Jeffrey Mezger: Yes. For starter, Steve, we still have an extended build time. So we have divisions that are pretty much started out for this year by the end of this month. So if we continue to see strong sales and we convert to strong starts in Q3, it’ll be more of an early 2024 benefit than it will 2023. And I think what I was trying to message, if you think about it, our business model went through a whipsaw where interest rates spike. We had buyers that hadn’t locked their loan, goes way up. We’re still protecting our backlog, so we’re not doing things to get gross sales, we’re getting hammered with cans and now we’re coming out of that. Our can rate, we expect will continue to moderate back to historical levels. At the same time, we’ve taken steps to get our gross orders up.
So the guide is reasonable for the year. We are projecting a little higher backlog conversion over the balance of the year, but if this the current market conditions hold, it sets up a very good start to 2024.
Operator: And the next question comes from the line of Matthew Bouley with Barclays. Please proceed with your question.
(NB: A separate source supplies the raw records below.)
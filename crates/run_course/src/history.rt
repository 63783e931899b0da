//! A history that is a run of a script, and the world that stands for the state that it leaves.
//!
//! To a contract a `Record` is its history, its world, its fuel, its limits and the code that it is a run of. It keeps that
//! the history is a run of that code's script within the fuel and the limits, and that the world stands for the state that
//! this run leaves (`src/history/record.rt`). `next` says what can be done next (`IsNext` of `specs/history/Records`), and `next_ready` of
//! which thread a job may be made; `act`, `tick` and `accept` append one entry and change the world by it, or answer the limit
//! that the entry would exceed; `piece` is what an act prints.
//!
//! The promise: each entry that is appended is legal, an entry that isn't leaves a state beyond a limit, and what `next`
//! answers decides how the history ends (`endings`). Each thread that is to do an action may have a job (`going`). Where memory
//! runs out the record is the same as before. Which jobs are out, which slice is accepted, when the clock goes on, and the
//! writing of what is printed are left to the caller.

mod acting;
mod acts;
mod beginning;
pub mod endings;
pub mod going;
mod limits;
mod next;
mod pieces;
mod ready;
mod record;

pub use acts::{Next, NextEntry};
pub use next::next_of;
pub use pieces::{PrintedPiece, Stream};
pub use record::Record;
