#[cycle(actions)]
fn write_masking(
    text: &mut String,
    form: MaskingAction,
    x: &Name,
    block: &Block,
) -> Result<(), AllocError>
    ensures { OnOk result (string_bytes text.new ≡ string_bytes text.old ++ masking_text form x.now.text (bl_text (bl_of block.now))) }
{
    match form {
        MaskingAction::ForkIoWithUnmask => write_fork_unmasking(text, x, block),
        MaskingAction::Mask => write_around_bound(text, "mask", x, block),
        MaskingAction::UninterruptibleMask => {
            write_around_bound(text, "uninterruptibleMask", x, block)
        }
    }
}

#[cycle(actions)]
#[tactic(auto, unfolding(crate::specs::Forms::applied))]
fn write_restore(text: &mut String, x: &Name, block: &Block) -> Result<(), AllocError>
    ensures { OnOk result (string_bytes text.new ≡ string_bytes text.old ++ applied (name_text x.now.text) (bl_text (bl_of block.now))) }
{
    put(text, "(")?;
    write_name(text, &x.text)?;
    write_body(text, " ", block)?;
    put(text, ")")
}

#[cycle(actions)]
#[tactic(auto, unfolding(crate::specs::Forms::applied_two))]
fn write_modify(text: &mut String, block: &Block, e: &Expr, x: &Name) -> Result<(), AllocError>
    ensures { OnOk result (string_bytes text.new ≡ string_bytes text.old ++ applied_two (codes "modifyMVar_") (ex_text (ex_of e.now)) (bound x.now.text (bl_text (bl_of block.now)))) }
{
    write_part(text, "(modifyMVar_ ", e)?;
    put(text, " ")?;
    write_bound(text, x, block)?;
    put(text, ")")
}

#[cycle(actions)]
#[tactic(auto, unfolding(crate::specs::Forms::applied_two))]
fn write_timeout(text: &mut String, block: &Block, e: &Expr) -> Result<(), AllocError>
    ensures { OnOk result (string_bytes text.new ≡ string_bytes text.old ++ applied_two (codes "timeout en") (ex_text (ex_of e.now)) (bl_text (bl_of block.now))) }
{
    write_part(text, "(timeout en ", e)?;
    write_body(text, " ", block)?;
    put(text, ")")
}

// ---- forms with several blocks

#[cycle(actions)]
#[tactic(auto, unfolding(crate::specs::Forms::choice))]
fn write_choice(text: &mut String, a: &Block, b: &Block, e: &Expr) -> Result<(), AllocError>
    ensures { OnOk result (string_bytes text.new ≡ string_bytes text.old ++ choice (ex_text (ex_of e.now)) (bl_text (bl_of a.now)) (bl_text (bl_of b.now))) }
{
    write_part(text, "(if ", e)?;
    write_body(text, " then ", a)?;
    write_body(text, " else ", b)?;
    put(text, ")")
}
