ghost use Rattle.std.specs.Prelude.{◌+◌, ◌<◌, length, OnOk};
ghost use Rattle.rules_grammar.specs.Grammar as g;
ghost use Rattle.hs_grammar.specs.Parser as parser;
ghost use Rattle.parse_leaves.specs.Readers.{ReadsBelow};
ghost use Rattle.parse_leaves.specs.Reads.{Reads};

use crate::case_arms::arm::{
    bare_arm, branch, cons_arm, empty_arm, named_arm, next_cons_arm, next_named_arm,
};
use crate::case_arms::branch::Branch;
use crate::{Cursor, Halt};
use rules_tokens::{symbol, word};
use std::alloc::Global;

/// The arms of a `case`, without the braces around them.
pub fn arms<'a, B: Branch, F: Fn(&mut Cursor<'a>, u32) -> Result<B, Halt>>(
    cursor: &mut Cursor<'a>,
    alloc: Global,
    depth: u32,
    inner: &F,
) -> Result<B::Arms, Halt>
    requires { ReadsBelow F.Fn inner.now B.rule (depth + 1) }
    ensures reads { Reads (parser.read (parser.enter depth) (g.arms B.of_maybe B.of_either B.of_list B.of_pair B.rule) cursor.old) result cursor.new }
    ensures shorter { OnOk result (length cursor.new < length cursor.old) }
{
    if cursor.at_word(word::NOTHING) {
        return maybe_arms(cursor, alloc, depth, inner);
    }
    if cursor.at_word(word::LEFT) {
        return either_arms(cursor, alloc, depth, inner);
    }
    if cursor.at_symbol(symbol::OPEN_BRACKET) {
        return list_arms(cursor, alloc, depth, inner);
    }
    pair_arm(cursor, alloc, depth, inner)
}

fn maybe_arms<'a, B: Branch, F: Fn(&mut Cursor<'a>, u32) -> Result<B, Halt>>(
    cursor: &mut Cursor<'a>,
    alloc: Global,
    depth: u32,
    inner: &F,
) -> Result<B::Arms, Halt>
    requires { ReadsBelow F.Fn inner.now B.rule (depth + 1) }
    ensures reads { Reads (parser.read (parser.enter depth) (g.maybe_arms B.of_maybe B.rule) cursor.old) result cursor.new }
    ensures shorter { OnOk result (length cursor.new < length cursor.old) }
{
    let nothing = bare_arm(cursor, depth, inner, word::NOTHING)?;
    let just = next_named_arm(cursor, alloc, depth, inner, word::JUST)?;
    Ok(B::maybe(nothing, just.0, just.1))
}

fn either_arms<'a, B: Branch, F: Fn(&mut Cursor<'a>, u32) -> Result<B, Halt>>(
    cursor: &mut Cursor<'a>,
    alloc: Global,
    depth: u32,
    inner: &F,
) -> Result<B::Arms, Halt>
    requires { ReadsBelow F.Fn inner.now B.rule (depth + 1) }
    ensures reads { Reads (parser.read (parser.enter depth) (g.either_arms B.of_either B.rule) cursor.old) result cursor.new }
    ensures shorter { OnOk result (length cursor.new < length cursor.old) }
{
    let left = named_arm(cursor, alloc, depth, inner, word::LEFT)?;
    let right = next_named_arm(cursor, alloc, depth, inner, word::RIGHT)?;
    Ok(B::either(left.0, left.1, right.0, right.1))
}

fn list_arms<'a, B: Branch, F: Fn(&mut Cursor<'a>, u32) -> Result<B, Halt>>(
    cursor: &mut Cursor<'a>,
    alloc: Global,
    depth: u32,
    inner: &F,
) -> Result<B::Arms, Halt>
    requires { ReadsBelow F.Fn inner.now B.rule (depth + 1) }
    ensures reads { Reads (parser.read (parser.enter depth) (g.list_arms B.of_list B.rule) cursor.old) result cursor.new }
    ensures shorter { OnOk result (length cursor.new < length cursor.old) }
{
    let empty = empty_arm(cursor, depth, inner)?;
    let items = next_cons_arm(cursor, alloc, depth, inner)?;
    Ok(B::list(empty, items.0, items.1, items.2))
}

fn pair_arm<'a, B: Branch, F: Fn(&mut Cursor<'a>, u32) -> Result<B, Halt>>(
    cursor: &mut Cursor<'a>,
    alloc: Global,
    depth: u32,
    inner: &F,
) -> Result<B::Arms, Halt>
    requires { ReadsBelow F.Fn inner.now B.rule (depth + 1) }
    ensures reads { Reads (parser.read (parser.enter depth) (g.pair_arm B.of_pair B.rule) cursor.old) result cursor.new }
    ensures shorter { OnOk result (length cursor.new < length cursor.old) }
{
    let names = cursor.name_pair(alloc, depth)?;
    cursor.symbol(symbol::ARROW)?;
    let arm = branch(cursor, depth, inner)?;
    Ok(B::pair(names.0, names.1, arm))
}
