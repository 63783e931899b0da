ghost use Rattle.std.specs.Prelude.{◌+◌, ◌<◌, length, OnOk};
ghost use Rattle.rules_grammar.specs.Grammar as g;
ghost use Rattle.rules_grammar.specs.GrammarParts.{TokenKind};
ghost use Rattle.hs_grammar.specs.Parser as parser;
ghost use Rattle.parse_leaves.specs.Readers.{ReadsBelow};
ghost use Rattle.parse_leaves.specs.Reads.{Reads};
ghost use Rattle.parse_leaves.specs.case_arms.Arms.{next_arm};

use crate::case_arms::branch::Branch;
use crate::{Cursor, Halt};
use hs_base::Name;
use rules_tokens::symbol;
use std::alloc::Global;

/// A branch that stands behind an arrow.
pub fn branch<'a, B: Branch, F: Fn(&mut Cursor<'a>, u32) -> Result<B, Halt>>(
    cursor: &mut Cursor<'a>,
    depth: u32,
    inner: &F,
) -> Result<B, Halt>
    requires { ReadsBelow F.Fn inner.now B.rule (depth + 1) }
    ensures reads { Reads (parser.read (parser.enter depth) B.rule cursor.old) result cursor.new }
    ensures shorter { OnOk result (length cursor.new < length cursor.old) }
{
    inner(cursor, depth)
}

pub fn bare_arm<'a, B: Branch, F: Fn(&mut Cursor<'a>, u32) -> Result<B, Halt>>(
    cursor: &mut Cursor<'a>,
    depth: u32,
    inner: &F,
    word: u8,
) -> Result<B, Halt>
    requires { ReadsBelow F.Fn inner.now B.rule (depth + 1) }
    ensures reads { Reads (parser.read (parser.enter depth) (g.bare_arm (TokenKind.word word) B.rule) cursor.old) result cursor.new }
    ensures shorter { OnOk result (length cursor.new < length cursor.old) }
{
    cursor.word(word)?;
    cursor.symbol(symbol::ARROW)?;
    branch(cursor, depth, inner)
}

pub fn named_arm<'a, B: Branch, F: Fn(&mut Cursor<'a>, u32) -> Result<B, Halt>>(
    cursor: &mut Cursor<'a>,
    alloc: Global,
    depth: u32,
    inner: &F,
    word: u8,
) -> Result<(Name, B), Halt>
    requires { ReadsBelow F.Fn inner.now B.rule (depth + 1) }
    ensures reads { Reads (parser.read (parser.enter depth) (g.named_arm (TokenKind.word word) B.rule) cursor.old) result cursor.new }
    ensures shorter { OnOk result (length cursor.new < length cursor.old) }
{
    cursor.word(word)?;
    let name = cursor.name(alloc)?;
    cursor.symbol(symbol::ARROW)?;
    let value = branch(cursor, depth, inner)?;
    Ok((name, value))
}

pub fn empty_arm<'a, B: Branch, F: Fn(&mut Cursor<'a>, u32) -> Result<B, Halt>>(
    cursor: &mut Cursor<'a>,
    depth: u32,
    inner: &F,
) -> Result<B, Halt>
    requires { ReadsBelow F.Fn inner.now B.rule (depth + 1) }
    ensures reads { Reads (parser.read (parser.enter depth) (g.empty_arm B.rule) cursor.old) result cursor.new }
    ensures shorter { OnOk result (length cursor.new < length cursor.old) }
{
    cursor.empty_brackets(depth)?;
    cursor.symbol(symbol::ARROW)?;
    branch(cursor, depth, inner)
}

pub fn cons_arm<'a, B: Branch, F: Fn(&mut Cursor<'a>, u32) -> Result<B, Halt>>(
    cursor: &mut Cursor<'a>,
    alloc: Global,
    depth: u32,
    inner: &F,
) -> Result<(Name, Name, B), Halt>
    requires { ReadsBelow F.Fn inner.now B.rule (depth + 1) }
    ensures reads { Reads (parser.read (parser.enter depth) (g.cons_arm B.rule) cursor.old) result cursor.new }
    ensures shorter { OnOk result (length cursor.new < length cursor.old) }
{
    let first = cursor.name(alloc)?;
    cursor.symbol(symbol::COLON)?;
    let rest = cursor.name(alloc)?;
    cursor.symbol(symbol::ARROW)?;
    let value = branch(cursor, depth, inner)?;
    Ok((first, rest, value))
}

/// A `;` and an arm.
pub fn next_named_arm<'a, B: Branch, F: Fn(&mut Cursor<'a>, u32) -> Result<B, Halt>>(
    cursor: &mut Cursor<'a>,
    alloc: Global,
    depth: u32,
    inner: &F,
    word: u8,
) -> Result<(Name, B), Halt>
    requires { ReadsBelow F.Fn inner.now B.rule (depth + 1) }
    ensures reads { Reads (parser.read (parser.enter depth) (next_arm (g.named_arm (TokenKind.word word) B.rule)) cursor.old) result cursor.new }
    ensures shorter { OnOk result (length cursor.new < length cursor.old) }
{
    cursor.symbol(symbol::SEMICOLON)?;
    named_arm(cursor, alloc, depth, inner, word)
}

/// A `;` and an arm.
pub fn next_cons_arm<'a, B: Branch, F: Fn(&mut Cursor<'a>, u32) -> Result<B, Halt>>(
    cursor: &mut Cursor<'a>,
    alloc: Global,
    depth: u32,
    inner: &F,
) -> Result<(Name, Name, B), Halt>
    requires { ReadsBelow F.Fn inner.now B.rule (depth + 1) }
    ensures reads { Reads (parser.read (parser.enter depth) (next_arm (g.cons_arm B.rule)) cursor.old) result cursor.new }
    ensures shorter { OnOk result (length cursor.new < length cursor.old) }
{
    cursor.symbol(symbol::SEMICOLON)?;
    cons_arm(cursor, alloc, depth, inner)
}
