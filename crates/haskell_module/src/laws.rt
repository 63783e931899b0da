ghost use Rattle.std.specs.Prelude.{◌≡◌, ◌≢◌, ℕ, List};
ghost use Rattle.std.specs.List.{AllByRecursion};
ghost use Rattle.haskell_module.specs.Names.{name_text, other_words};

/// Two names of a script are two names in the module.
#[tactic(auto, using(crate::proofs::Apart::one_name))]
pub fn names_stay_apart()
    ensures { (x y : List ℕ) → name_text x ≡ name_text y → x ≡ y }
{}

/// No name of a script is a reserved word of Haskell in the module, or a name that the module has of its own or from elsewhere.
pub fn names_are_no_other_words()
    ensures { (x : List ℕ) → AllByRecursion (λ w. name_text x ≢ w) other_words }
{}
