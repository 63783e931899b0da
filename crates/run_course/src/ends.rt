use hs_rules::{Entry, LimitKind};

/// How a run ended.
#[derive(Clone, Copy, Debug, PartialEq, Eq)]
pub enum RunEnd {
    /// The main thread finished by a value.
    Done,
    /// The main thread finished by an exception.
    Uncaught,
    /// No entry but a tick is legal and nobody sleeps.
    Deadlock,
    /// The steps are the fuel.
    Fuel,
    /// Want of memory.
    Memory,
    /// A put of the run failed.
    Write,
    /// This entry would exceed this limit. It is not in the history.
    Limit(LimitKind, Entry),
}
Matthew Bouley: Hey. Good afternoon, everyone. Thanks for taking the questions. So just a question on the margin outlook and the sort of guidance you gave around kind of relatively consistent margins trending into the back half of the year. Just looking at the order ASP during the quarter, recognizing there was some mix in that. I think it was down. It could be wrong, maybe $50,000 to $60,000 sequentially. I think you also mentioned your starting homes was about $19,000 of cost reduction in there. So maybe part of the answer is going to be around mix, but just curious around, what else are you seeing and what kind of gives you confidence to say that that margin in the back half will be relatively flat given these price reductions that are occurring? Thank you.